Problem statement >> What lines in the records below hold the string "List"? Please show them.

Available records >>

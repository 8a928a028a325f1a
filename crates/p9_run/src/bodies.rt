ghost use Rattle.std.specs.Prelude.{List, OnOk};
ghost use Rattle.p9_word.specs.declared.trail.Entry.{Entry};
ghost use Rattle.p9_manual.specs.Programs.{Asks};
ghost use Rattle.p9_run.specs.Stands.{IsBetween, HasTurn};

use crate::numbered::Numbered;
use p9_word::{Answer, Body, NoMemory, Request, Tid};
use std::alloc::Global;

/// A thread in its turn: its body, and the answer that the body hasn't had yet.
#[derive(Drop)]
pub(crate) struct Running<B> {
    pub(crate) tid: Tid,
    pub(crate) body: B,
    pub(crate) last: Answer,
}

/// The bodies of the threads, and what the threads that run do next.
#[derive(Drop)]
pub(crate) struct Bodies<B> {
    /// The bodies, by the threads' numbers.
    pub(crate) by_thread: Numbered<B>,
    /// The requests that haven't been made yet, by the threads' numbers.
    pub(crate) requests: Numbered<Request>,
    /// Which thread runs in a proc, by the procs' numbers.
    pub(crate) running: Numbered<Tid>,
    /// Whether a request on ioprocs was made since their last turns. Without one none has a call to take.
    pub(crate) asks_ioprocs: bool,
}

impl<B: Body + Drop> Bodies<B> {
    /// No bodies. It takes no memory.
    pub(crate) fn new(alloc: Global) -> Bodies<B> {
        Bodies {
            by_thread: Numbered::new(alloc),
            requests: Numbered::new(alloc),
            running: Numbered::new(alloc),
            asks_ioprocs: false,
        }
    }

    /// Gives a thread its answer, and keeps the request that it makes next.
    pub(crate) fn answer(&mut self, thread: Running<B>) -> Result<(), NoMemory>
        ensures { OnOk result ((asks : Asks) (history : List Entry)
            → HasTurn asks B.plan B.stands_for history self.old thread → IsBetween asks B.plan B.stands_for history self.new) }
    {
        let Running {
            tid,
            mut body,
            last,
        } = thread;
        let request = body.next(last)?;
        self.by_thread.put(tid, body)?;
        self.requests.put(tid, request)?;
        Ok(())
    }
}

Written answer >>
ghost use Rattle.std.specs.Prelude.{List, OnOk};
        ensures { OnOk result ((asks : Asks) (history : List Entry)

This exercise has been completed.